Top of DATA RECORDS

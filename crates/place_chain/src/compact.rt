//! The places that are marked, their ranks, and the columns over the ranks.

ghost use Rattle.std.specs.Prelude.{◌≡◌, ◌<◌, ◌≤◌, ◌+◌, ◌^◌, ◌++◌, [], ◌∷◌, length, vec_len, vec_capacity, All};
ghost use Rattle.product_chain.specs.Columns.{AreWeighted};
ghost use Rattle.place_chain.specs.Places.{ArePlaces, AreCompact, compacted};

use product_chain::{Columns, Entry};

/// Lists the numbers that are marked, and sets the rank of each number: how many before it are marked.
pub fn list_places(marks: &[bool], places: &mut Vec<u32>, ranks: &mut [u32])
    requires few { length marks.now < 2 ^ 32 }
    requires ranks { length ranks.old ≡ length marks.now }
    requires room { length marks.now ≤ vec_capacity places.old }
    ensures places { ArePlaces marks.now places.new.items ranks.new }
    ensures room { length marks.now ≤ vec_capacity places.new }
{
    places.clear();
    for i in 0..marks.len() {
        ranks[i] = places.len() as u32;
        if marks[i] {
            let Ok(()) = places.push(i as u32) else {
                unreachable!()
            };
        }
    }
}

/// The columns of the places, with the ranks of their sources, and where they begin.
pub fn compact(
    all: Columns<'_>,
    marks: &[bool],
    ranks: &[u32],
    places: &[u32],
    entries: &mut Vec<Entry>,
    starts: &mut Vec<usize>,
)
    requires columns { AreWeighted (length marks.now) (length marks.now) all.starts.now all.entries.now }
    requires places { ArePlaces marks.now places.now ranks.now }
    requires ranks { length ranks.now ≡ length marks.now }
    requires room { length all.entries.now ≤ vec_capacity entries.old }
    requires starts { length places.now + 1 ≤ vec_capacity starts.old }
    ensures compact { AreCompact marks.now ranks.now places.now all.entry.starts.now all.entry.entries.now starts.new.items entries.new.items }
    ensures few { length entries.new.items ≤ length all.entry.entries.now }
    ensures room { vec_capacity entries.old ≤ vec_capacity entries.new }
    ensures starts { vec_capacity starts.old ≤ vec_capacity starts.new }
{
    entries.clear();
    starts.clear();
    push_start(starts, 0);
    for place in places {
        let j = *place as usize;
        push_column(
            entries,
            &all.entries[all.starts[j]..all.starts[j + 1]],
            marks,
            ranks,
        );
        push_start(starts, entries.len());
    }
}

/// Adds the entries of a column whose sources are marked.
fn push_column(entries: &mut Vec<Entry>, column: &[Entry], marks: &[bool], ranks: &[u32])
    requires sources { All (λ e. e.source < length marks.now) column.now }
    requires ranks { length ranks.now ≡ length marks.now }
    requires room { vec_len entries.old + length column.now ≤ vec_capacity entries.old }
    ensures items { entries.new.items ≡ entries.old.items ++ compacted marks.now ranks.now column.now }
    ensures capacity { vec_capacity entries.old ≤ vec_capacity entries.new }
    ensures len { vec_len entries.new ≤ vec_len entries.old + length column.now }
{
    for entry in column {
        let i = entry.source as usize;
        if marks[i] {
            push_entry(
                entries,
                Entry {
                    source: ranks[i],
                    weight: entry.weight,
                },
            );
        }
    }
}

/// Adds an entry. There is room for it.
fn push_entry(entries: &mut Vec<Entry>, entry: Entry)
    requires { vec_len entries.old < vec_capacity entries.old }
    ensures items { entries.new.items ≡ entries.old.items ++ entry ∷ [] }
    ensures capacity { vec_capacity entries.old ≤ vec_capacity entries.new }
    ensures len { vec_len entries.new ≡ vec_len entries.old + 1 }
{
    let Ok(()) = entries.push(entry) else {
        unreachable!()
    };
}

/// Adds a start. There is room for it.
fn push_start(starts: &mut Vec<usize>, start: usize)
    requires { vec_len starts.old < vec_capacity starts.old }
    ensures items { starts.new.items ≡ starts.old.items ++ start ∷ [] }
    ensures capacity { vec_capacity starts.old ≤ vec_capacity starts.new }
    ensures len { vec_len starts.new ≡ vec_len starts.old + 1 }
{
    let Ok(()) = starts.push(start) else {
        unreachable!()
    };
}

Bottom of DATA RECORDS
Top of DATA RECORDS

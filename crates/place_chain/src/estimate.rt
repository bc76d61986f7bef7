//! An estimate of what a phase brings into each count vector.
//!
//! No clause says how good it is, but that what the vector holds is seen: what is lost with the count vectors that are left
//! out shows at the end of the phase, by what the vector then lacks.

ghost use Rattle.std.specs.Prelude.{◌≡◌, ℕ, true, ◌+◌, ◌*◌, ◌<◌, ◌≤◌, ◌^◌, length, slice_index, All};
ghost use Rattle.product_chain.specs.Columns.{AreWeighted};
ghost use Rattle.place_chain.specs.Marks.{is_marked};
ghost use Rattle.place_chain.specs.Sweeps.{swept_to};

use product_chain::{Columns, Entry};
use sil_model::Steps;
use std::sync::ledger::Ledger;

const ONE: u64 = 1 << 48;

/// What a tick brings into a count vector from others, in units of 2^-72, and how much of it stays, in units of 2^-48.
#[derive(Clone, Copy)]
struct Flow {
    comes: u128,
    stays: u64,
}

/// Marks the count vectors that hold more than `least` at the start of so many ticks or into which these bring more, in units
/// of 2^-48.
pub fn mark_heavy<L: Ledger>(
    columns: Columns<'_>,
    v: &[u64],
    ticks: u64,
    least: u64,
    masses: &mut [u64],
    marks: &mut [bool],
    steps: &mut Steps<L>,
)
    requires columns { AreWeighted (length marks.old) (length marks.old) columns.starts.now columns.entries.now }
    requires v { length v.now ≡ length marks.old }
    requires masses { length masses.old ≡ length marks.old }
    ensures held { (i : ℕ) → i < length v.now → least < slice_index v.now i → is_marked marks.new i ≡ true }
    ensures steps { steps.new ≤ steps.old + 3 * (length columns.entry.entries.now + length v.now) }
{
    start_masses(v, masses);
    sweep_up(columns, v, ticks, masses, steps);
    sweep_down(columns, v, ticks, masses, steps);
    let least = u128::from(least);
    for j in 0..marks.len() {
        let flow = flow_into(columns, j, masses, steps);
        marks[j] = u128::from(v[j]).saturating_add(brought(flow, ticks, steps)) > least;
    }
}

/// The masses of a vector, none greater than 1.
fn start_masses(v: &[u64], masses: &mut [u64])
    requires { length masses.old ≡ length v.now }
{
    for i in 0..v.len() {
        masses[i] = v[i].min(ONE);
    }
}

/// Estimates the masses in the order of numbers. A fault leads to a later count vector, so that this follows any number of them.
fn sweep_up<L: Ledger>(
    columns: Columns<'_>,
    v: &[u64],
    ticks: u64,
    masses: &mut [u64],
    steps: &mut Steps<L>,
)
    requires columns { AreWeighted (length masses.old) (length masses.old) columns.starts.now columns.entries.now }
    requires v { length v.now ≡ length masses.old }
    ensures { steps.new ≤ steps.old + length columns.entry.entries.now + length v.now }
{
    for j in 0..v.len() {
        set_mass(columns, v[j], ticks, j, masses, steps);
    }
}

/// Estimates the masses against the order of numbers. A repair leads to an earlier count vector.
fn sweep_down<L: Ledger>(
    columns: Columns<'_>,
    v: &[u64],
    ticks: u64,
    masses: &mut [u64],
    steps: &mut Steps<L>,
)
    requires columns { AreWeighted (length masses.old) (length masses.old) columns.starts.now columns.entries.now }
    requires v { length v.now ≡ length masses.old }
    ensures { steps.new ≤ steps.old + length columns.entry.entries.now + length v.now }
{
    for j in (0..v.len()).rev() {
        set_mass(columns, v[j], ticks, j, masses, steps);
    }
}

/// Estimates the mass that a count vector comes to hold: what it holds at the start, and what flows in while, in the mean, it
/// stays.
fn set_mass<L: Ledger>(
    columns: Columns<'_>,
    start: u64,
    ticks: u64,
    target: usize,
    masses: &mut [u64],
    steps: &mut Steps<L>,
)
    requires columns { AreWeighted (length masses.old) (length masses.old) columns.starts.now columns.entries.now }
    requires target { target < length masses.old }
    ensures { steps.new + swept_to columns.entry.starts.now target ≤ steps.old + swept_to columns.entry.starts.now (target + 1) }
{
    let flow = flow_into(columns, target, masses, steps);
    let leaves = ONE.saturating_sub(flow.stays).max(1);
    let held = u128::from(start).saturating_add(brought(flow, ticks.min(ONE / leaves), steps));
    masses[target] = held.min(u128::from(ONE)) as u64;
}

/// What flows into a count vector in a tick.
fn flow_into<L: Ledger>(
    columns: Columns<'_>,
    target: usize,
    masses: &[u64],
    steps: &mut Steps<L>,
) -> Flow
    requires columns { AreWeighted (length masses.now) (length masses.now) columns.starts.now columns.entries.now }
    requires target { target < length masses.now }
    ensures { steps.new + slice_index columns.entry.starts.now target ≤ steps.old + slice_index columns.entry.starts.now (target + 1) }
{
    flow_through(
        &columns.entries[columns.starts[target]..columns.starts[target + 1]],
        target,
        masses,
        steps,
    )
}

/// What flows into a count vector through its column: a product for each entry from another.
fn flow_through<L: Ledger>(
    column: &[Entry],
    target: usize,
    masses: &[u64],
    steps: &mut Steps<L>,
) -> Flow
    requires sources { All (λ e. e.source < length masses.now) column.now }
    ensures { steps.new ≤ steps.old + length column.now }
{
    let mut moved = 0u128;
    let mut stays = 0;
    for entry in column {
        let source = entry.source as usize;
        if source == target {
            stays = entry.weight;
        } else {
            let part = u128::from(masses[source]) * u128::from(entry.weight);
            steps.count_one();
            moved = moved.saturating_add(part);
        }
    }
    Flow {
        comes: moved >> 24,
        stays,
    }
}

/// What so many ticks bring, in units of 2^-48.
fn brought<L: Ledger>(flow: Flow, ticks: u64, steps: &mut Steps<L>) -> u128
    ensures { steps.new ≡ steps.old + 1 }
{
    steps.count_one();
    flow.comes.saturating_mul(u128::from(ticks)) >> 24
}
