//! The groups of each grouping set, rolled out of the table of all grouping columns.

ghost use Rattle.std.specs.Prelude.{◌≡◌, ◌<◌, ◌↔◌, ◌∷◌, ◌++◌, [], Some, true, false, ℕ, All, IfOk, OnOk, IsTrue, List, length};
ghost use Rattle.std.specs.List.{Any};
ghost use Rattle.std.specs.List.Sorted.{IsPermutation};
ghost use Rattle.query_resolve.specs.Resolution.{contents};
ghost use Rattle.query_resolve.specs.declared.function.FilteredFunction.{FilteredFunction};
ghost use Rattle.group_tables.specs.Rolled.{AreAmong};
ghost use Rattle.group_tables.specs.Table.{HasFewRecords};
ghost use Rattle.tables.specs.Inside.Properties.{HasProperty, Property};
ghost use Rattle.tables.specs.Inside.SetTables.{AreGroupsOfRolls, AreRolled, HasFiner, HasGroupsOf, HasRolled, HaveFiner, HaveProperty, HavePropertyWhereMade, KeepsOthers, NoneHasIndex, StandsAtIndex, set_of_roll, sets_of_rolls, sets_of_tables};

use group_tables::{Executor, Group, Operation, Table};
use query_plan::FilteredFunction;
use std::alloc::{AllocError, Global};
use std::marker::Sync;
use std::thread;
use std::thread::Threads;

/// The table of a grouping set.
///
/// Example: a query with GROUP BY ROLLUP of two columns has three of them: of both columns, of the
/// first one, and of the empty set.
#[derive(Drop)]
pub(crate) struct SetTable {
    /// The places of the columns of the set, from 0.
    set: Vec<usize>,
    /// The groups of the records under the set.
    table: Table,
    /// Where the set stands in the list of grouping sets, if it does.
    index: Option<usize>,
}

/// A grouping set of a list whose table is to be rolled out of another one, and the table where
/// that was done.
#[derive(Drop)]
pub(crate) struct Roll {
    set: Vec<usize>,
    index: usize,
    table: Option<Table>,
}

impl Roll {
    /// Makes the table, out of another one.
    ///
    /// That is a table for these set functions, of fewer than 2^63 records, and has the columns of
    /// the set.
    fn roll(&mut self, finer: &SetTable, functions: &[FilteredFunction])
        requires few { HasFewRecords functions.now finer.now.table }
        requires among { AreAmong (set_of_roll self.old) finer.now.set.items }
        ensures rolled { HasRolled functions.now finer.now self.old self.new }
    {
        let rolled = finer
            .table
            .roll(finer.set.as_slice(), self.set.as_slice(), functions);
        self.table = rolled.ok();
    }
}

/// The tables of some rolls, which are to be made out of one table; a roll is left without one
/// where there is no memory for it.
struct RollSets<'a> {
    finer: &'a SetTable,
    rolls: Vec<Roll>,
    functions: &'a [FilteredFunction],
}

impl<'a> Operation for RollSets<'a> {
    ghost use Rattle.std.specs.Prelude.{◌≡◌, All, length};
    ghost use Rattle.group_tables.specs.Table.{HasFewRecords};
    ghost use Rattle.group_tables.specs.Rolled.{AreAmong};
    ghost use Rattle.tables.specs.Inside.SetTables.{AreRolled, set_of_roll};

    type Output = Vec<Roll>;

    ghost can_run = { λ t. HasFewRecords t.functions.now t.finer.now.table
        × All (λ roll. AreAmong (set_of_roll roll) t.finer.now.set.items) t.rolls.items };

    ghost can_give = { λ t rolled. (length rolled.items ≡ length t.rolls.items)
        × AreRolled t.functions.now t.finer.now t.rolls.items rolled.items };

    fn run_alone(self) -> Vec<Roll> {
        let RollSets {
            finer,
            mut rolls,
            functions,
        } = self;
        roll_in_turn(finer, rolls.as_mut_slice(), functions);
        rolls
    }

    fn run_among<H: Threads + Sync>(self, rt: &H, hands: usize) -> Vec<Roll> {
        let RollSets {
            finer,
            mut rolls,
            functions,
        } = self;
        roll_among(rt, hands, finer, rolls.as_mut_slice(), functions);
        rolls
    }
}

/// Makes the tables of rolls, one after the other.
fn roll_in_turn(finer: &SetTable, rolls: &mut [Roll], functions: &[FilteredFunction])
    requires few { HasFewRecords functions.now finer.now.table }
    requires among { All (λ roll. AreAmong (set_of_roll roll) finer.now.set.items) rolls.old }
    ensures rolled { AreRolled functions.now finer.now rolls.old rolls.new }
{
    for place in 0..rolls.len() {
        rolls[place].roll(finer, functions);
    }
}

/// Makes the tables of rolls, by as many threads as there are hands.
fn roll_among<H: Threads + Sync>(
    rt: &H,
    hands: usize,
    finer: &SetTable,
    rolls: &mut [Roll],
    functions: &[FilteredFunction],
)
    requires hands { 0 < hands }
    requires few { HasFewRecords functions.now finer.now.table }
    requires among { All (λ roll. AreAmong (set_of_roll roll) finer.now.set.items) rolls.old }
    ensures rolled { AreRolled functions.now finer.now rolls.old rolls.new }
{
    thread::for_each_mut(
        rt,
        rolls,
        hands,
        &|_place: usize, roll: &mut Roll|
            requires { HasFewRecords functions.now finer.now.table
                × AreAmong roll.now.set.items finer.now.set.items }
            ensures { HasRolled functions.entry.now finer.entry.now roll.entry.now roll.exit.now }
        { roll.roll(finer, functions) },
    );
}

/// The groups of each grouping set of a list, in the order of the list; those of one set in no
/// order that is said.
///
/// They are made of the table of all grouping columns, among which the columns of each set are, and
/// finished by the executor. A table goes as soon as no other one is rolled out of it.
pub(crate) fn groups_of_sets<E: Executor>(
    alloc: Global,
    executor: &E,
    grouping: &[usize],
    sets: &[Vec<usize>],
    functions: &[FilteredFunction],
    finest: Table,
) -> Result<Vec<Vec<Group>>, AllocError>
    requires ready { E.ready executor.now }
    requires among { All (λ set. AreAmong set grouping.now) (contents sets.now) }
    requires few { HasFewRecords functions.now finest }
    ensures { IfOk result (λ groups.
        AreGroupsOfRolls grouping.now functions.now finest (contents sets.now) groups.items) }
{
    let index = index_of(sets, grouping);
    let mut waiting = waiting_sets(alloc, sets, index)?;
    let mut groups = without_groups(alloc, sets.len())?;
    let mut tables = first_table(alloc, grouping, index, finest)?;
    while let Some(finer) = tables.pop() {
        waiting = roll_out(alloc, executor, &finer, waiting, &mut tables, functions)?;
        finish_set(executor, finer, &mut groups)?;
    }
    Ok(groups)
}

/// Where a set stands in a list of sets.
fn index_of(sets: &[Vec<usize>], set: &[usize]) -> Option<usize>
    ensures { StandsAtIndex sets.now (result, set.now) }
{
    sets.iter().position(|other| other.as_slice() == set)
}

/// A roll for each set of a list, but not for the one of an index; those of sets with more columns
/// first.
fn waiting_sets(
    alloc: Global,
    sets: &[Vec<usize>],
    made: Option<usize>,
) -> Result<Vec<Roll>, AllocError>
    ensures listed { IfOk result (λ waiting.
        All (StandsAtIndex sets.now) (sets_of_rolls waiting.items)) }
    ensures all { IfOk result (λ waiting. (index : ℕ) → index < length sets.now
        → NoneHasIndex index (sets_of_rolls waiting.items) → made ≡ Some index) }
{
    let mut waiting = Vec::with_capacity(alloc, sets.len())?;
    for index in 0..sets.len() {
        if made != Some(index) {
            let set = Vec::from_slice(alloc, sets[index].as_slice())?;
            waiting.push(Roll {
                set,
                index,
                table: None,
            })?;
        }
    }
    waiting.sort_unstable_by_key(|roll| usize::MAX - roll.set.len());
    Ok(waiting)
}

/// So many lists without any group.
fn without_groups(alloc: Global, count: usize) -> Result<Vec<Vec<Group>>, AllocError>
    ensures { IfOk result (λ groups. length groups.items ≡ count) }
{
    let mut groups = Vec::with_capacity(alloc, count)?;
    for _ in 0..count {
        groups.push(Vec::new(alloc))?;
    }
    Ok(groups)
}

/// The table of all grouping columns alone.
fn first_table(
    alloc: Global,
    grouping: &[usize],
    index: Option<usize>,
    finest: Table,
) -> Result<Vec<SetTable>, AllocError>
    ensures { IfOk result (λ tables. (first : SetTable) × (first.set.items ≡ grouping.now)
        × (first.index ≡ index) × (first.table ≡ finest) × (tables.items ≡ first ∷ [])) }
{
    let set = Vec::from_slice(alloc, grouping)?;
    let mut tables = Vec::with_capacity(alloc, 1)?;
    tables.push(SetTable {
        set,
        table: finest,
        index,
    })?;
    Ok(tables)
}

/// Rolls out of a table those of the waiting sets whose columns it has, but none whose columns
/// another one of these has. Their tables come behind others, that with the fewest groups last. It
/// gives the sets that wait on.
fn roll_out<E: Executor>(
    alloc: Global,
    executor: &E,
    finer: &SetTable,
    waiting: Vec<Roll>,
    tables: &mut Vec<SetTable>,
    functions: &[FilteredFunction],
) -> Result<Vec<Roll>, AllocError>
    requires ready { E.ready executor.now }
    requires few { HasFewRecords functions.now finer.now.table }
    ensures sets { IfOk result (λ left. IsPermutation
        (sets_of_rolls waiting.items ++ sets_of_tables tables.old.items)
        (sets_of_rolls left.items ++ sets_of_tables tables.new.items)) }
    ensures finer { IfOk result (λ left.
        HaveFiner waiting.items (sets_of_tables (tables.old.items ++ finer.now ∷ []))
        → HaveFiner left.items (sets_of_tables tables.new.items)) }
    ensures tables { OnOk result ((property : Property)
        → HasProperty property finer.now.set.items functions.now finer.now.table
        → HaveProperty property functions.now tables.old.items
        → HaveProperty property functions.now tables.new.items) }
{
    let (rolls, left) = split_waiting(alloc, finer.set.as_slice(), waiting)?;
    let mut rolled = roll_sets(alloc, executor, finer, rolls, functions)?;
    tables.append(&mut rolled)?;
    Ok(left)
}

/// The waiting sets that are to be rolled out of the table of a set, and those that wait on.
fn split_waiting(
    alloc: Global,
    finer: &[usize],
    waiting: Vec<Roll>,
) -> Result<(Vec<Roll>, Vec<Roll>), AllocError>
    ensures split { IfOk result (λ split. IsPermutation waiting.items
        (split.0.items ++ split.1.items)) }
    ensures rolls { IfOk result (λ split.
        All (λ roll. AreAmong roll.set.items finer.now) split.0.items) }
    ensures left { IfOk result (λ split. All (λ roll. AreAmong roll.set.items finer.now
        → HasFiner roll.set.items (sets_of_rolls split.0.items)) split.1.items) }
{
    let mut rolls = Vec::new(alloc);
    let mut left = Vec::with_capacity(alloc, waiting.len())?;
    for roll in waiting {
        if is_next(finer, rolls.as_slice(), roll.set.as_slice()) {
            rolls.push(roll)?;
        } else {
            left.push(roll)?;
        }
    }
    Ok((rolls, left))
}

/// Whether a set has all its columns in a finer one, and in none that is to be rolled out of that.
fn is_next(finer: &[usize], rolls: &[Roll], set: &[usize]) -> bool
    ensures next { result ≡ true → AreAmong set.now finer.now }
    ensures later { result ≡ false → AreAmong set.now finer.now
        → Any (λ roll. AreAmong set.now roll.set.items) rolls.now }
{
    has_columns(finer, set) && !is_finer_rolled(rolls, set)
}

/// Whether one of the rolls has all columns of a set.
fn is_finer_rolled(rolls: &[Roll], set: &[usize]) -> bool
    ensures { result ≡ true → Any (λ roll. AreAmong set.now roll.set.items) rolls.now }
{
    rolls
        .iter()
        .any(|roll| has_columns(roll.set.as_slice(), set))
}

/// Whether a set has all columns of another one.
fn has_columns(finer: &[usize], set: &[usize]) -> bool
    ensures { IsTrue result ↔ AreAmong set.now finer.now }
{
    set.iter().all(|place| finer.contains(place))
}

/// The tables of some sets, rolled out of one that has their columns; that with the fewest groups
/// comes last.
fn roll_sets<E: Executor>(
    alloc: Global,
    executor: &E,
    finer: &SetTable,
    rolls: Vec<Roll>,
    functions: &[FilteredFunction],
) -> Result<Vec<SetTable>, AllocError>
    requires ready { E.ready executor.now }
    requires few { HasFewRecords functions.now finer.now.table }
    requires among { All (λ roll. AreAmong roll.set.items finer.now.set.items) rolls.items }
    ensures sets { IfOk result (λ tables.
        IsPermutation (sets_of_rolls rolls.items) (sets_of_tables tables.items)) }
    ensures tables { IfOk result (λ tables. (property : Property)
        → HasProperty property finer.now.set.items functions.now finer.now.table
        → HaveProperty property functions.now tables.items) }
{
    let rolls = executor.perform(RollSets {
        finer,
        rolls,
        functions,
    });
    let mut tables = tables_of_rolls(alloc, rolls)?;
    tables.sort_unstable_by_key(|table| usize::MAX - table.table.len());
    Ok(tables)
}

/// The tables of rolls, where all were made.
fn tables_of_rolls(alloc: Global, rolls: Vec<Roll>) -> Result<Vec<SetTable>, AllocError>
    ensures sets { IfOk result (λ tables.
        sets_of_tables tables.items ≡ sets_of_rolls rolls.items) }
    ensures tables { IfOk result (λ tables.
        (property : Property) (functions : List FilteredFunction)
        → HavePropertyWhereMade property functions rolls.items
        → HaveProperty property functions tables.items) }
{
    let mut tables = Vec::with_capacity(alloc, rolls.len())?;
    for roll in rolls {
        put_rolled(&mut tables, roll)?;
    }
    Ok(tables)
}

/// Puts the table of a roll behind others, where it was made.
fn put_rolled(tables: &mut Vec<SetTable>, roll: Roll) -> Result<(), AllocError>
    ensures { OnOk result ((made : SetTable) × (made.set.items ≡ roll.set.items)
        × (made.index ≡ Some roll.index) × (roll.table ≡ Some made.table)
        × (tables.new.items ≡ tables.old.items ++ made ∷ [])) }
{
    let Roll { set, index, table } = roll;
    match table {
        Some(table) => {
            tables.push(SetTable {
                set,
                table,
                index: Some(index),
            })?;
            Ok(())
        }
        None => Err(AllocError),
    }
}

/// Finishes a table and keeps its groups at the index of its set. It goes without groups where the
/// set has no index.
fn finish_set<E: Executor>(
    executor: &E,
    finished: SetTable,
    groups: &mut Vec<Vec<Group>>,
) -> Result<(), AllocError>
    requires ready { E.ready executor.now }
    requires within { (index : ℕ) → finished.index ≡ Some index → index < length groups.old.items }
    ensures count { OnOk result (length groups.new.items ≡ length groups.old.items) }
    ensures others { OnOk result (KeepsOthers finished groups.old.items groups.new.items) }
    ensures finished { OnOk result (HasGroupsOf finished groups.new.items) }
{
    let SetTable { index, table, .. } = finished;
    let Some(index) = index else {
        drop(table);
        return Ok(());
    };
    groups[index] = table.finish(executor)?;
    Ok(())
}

Bottom of DATA RECORDS
Top of DATA RECORDS

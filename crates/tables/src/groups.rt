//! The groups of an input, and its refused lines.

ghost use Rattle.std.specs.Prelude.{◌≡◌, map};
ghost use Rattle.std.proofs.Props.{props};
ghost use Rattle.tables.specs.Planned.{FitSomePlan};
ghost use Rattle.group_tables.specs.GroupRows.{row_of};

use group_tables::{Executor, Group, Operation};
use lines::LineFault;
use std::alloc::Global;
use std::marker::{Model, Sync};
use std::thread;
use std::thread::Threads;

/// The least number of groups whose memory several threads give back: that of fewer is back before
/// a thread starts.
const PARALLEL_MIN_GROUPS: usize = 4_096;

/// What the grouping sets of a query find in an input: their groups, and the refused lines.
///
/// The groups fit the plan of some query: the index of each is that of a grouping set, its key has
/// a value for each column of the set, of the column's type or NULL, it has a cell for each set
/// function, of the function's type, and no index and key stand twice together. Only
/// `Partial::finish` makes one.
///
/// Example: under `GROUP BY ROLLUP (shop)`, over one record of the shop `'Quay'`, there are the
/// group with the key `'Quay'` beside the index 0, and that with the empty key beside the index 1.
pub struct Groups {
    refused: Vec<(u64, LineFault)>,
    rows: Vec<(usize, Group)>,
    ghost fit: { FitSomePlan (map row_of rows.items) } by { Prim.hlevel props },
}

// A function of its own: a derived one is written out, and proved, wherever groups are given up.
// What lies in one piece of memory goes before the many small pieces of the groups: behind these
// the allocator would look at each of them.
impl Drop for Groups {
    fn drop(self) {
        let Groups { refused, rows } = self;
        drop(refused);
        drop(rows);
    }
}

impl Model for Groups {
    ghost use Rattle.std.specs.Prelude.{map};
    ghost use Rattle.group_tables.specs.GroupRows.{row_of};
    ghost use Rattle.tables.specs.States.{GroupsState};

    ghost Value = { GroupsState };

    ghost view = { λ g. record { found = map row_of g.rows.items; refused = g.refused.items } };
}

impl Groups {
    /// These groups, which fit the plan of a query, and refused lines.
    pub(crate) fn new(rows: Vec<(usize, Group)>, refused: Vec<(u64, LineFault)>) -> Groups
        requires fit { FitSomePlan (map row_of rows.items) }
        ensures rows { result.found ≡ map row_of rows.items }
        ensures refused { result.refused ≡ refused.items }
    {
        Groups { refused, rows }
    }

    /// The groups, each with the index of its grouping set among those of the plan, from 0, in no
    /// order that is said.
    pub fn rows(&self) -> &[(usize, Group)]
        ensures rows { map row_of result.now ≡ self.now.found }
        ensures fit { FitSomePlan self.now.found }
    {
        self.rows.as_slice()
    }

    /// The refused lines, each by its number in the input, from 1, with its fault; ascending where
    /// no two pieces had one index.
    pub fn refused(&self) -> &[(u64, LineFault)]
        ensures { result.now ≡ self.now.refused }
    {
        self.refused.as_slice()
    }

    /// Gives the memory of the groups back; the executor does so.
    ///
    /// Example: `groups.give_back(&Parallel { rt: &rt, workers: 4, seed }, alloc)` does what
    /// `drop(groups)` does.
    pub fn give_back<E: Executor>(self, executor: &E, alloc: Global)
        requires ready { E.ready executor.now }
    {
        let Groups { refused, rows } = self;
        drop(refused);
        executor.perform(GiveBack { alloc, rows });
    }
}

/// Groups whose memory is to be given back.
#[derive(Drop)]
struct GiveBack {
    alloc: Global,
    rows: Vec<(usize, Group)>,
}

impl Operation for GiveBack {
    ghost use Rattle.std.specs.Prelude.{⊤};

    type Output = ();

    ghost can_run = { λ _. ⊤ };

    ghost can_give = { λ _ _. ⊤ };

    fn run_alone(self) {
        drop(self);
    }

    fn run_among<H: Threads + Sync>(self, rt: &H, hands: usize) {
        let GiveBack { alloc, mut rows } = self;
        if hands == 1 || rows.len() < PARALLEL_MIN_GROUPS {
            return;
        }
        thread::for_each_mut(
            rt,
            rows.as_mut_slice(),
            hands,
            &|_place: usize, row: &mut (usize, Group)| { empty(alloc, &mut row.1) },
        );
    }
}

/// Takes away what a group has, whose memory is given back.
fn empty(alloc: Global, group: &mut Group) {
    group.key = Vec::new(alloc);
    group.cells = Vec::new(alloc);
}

Bottom of DATA RECORDS

ACTIVITY → From the records above, quote only the lines running from the line with "filename crates/place_chain/src/compact.rt" to the line with "AreCompact marks.now ranks.now", both lines included.

ANSWER SECTION →
filename crates/place_chain/src/compact.rt
//! The places that are marked, their ranks, and the columns over the ranks.

ghost use Rattle.std.specs.Prelude.{◌≡◌, ◌<◌, ◌≤◌, ◌+◌, ◌^◌, ◌++◌, [], ◌∷◌, length, vec_len, vec_capacity, All};
ghost use Rattle.product_chain.specs.Columns.{AreWeighted};
ghost use Rattle.place_chain.specs.Places.{ArePlaces, AreCompact, compacted};

use product_chain::{Columns, Entry};

/// Lists the numbers that are marked, and sets the rank of each number: how many before it are marked.
pub fn list_places(marks: &[bool], places: &mut Vec<u32>, ranks: &mut [u32])
    requires few { length marks.now < 2 ^ 32 }
    requires ranks { length ranks.old ≡ length marks.now }
    requires room { length marks.now ≤ vec_capacity places.old }
    ensures places { ArePlaces marks.now places.new.items ranks.new }
    ensures room { length marks.now ≤ vec_capacity places.new }
{
    places.clear();
    for i in 0..marks.len() {
        ranks[i] = places.len() as u32;
        if marks[i] {
            let Ok(()) = places.push(i as u32) else {
                unreachable!()
            };
        }
    }
}

/// The columns of the places, with the ranks of their sources, and where they begin.
pub fn compact(
    all: Columns<'_>,
    marks: &[bool],
    ranks: &[u32],
    places: &[u32],
    entries: &mut Vec<Entry>,
    starts: &mut Vec<usize>,
)
    requires columns { AreWeighted (length marks.now) (length marks.now) all.starts.now all.entries.now }
    requires places { ArePlaces marks.now places.now ranks.now }
    requires ranks { length ranks.now ≡ length marks.now }
    requires room { length all.entries.now ≤ vec_capacity entries.old }
    requires starts { length places.now + 1 ≤ vec_capacity starts.old }
    ensures compact { AreCompact marks.now ranks.now places.now all.entry.starts.now all.entry.entries.now starts.new.items entries.new.items }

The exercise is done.